Dataset entries
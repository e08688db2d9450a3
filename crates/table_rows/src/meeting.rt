//! Seats that take in what others have seen, and the end of a table.
ghost use Rattle.std.specs.Prelude.{◌≡◌, ◌+◌, ◌≤◌, ◌++◌, length, take, drop, IsSome};
ghost use Rattle.std.specs.List.{All};
ghost use Rattle.std.specs.Slots.{slots_items, slots_len, IsFull};
ghost use Rattle.table_rows.specs.Closing.{IsClosed};
ghost use Rattle.table_rows.specs.Layout.{basis_length};
ghost use Rattle.table_rows.specs.Seats.{IsCallerAt, IsFounderAt, IsNoteAt};
ghost use Rattle.table_rows.specs.Steps.{after_join_caller, after_join_note};
ghost use Rattle.table_rows.specs.Views.{noted};

use crate::rule::{JoinCaller, JoinNote, TakeNote};
use crate::seats::{CallerSeat, FounderSeat, NoteSeat};
use crate::table::BasisTable;
use atomic_table::Closed;
use linear_spec::List;
use std::alloc::Global;

impl BasisTable {
    /// A note of what the caller knows and has read.
    pub fn note(&self, seat: &mut CallerSeat) -> NoteSeat
        requires { IsCallerAt self.now seat.old }
        ensures seat { IsCallerAt self.now seat.new × (seat.new.view ≡ seat.old.view) }
        ensures note { IsNoteAt self.now result × (result.view ≡ noted seat.old.view.sight) }
    {
        let seat = self.table.shared.split_seat::<TakeNote>(&mut seat.seat);
        NoteSeat { seat }
    }

    /// Takes a note in: the caller knows what either knew. A step afterwards, such as a write, tells that both are parts of it.
    pub fn join_note(&self, seat: &mut CallerSeat, note: NoteSeat)
        requires seat { IsCallerAt self.now seat.old }
        requires note { IsNoteAt self.now note }
        ensures seat { IsCallerAt self.now seat.new }
        ensures joined { seat.new.view ≡ after_join_note seat.old.view note.view }
    {
        self.table
            .shared
            .join_seat::<JoinNote>(&mut seat.seat, note.seat);
    }

    /// Takes a caller in: the founder knows what either knew, and has the caller's own list under its number.
    pub fn join_caller(&self, founder: &mut FounderSeat, seat: CallerSeat)
        requires founder { IsFounderAt self.now founder.old }
        requires seat { IsCallerAt self.now seat }
        ensures founder { IsFounderAt self.now founder.new }
        ensures joined { founder.new.view ≡ after_join_caller founder.old.view seat.view }
    {
        self.table
            .shared
            .join_seat::<JoinCaller>(&mut founder.seat, seat.seat);
    }

    /// Appends the words in order, and ends the table. Every number that was given was joined. The words meet the rule with the
    /// founder's view, so they have all records, and what each caller had seen.
    pub fn close(self, founder: FounderSeat, out: &mut List<u64>)
        requires founder { IsFounderAt self founder }
        requires joined { All IsSome founder.view.joined }
        requires room { basis_length self.parameters.k self.parameters.s self.parameters.passes ≤ out.old.spare }
        ensures before { take (length out.old.items) out.new.items ≡ out.old.items }
        ensures closed { IsClosed self.parameters founder.view (drop (length out.old.items) out.new.items) }
        ensures spare { out.new.spare + basis_length self.parameters.k self.parameters.s self.parameters.passes ≡ out.old.spare }
    {
        let closed = self.table.close_with(founder.seat);
        copy_words(&closed, out);
        closed.free();
    }
}

/// Appends the words of a closed table.
fn copy_words(closed: &Closed<(), Global>, out: &mut List<u64>)
    requires words { IsFull closed.now.words }
    requires room { slots_len closed.now.words ≤ out.old.spare }
    ensures items { out.new.items ≡ out.old.items ++ slots_items closed.now.words }
    ensures spare { out.new.spare + slots_len closed.now.words ≡ out.old.spare }
{
    for at in 0..closed.words.len() {
        out.put(closed.word(at));
    }
}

■ What is being asked ■
Repeat word for word the lines above that run from the line containing "use atomic_table::Closed;" through the line containing "let seat = self.table.shared.split_seat::<TakeNote>(&mut", both ends included, and nothing else.

■ Result of the exercise ■
use atomic_table::Closed;
use linear_spec::List;
use std::alloc::Global;

impl BasisTable {
    /// A note of what the caller knows and has read.
    pub fn note(&self, seat: &mut CallerSeat) -> NoteSeat
        requires { IsCallerAt self.now seat.old }
        ensures seat { IsCallerAt self.now seat.new × (seat.new.view ≡ seat.old.view) }
        ensures note { IsNoteAt self.now result × (result.view ≡ noted seat.old.view.sight) }
    {
        let seat = self.table.shared.split_seat::<TakeNote>(&mut seat.seat);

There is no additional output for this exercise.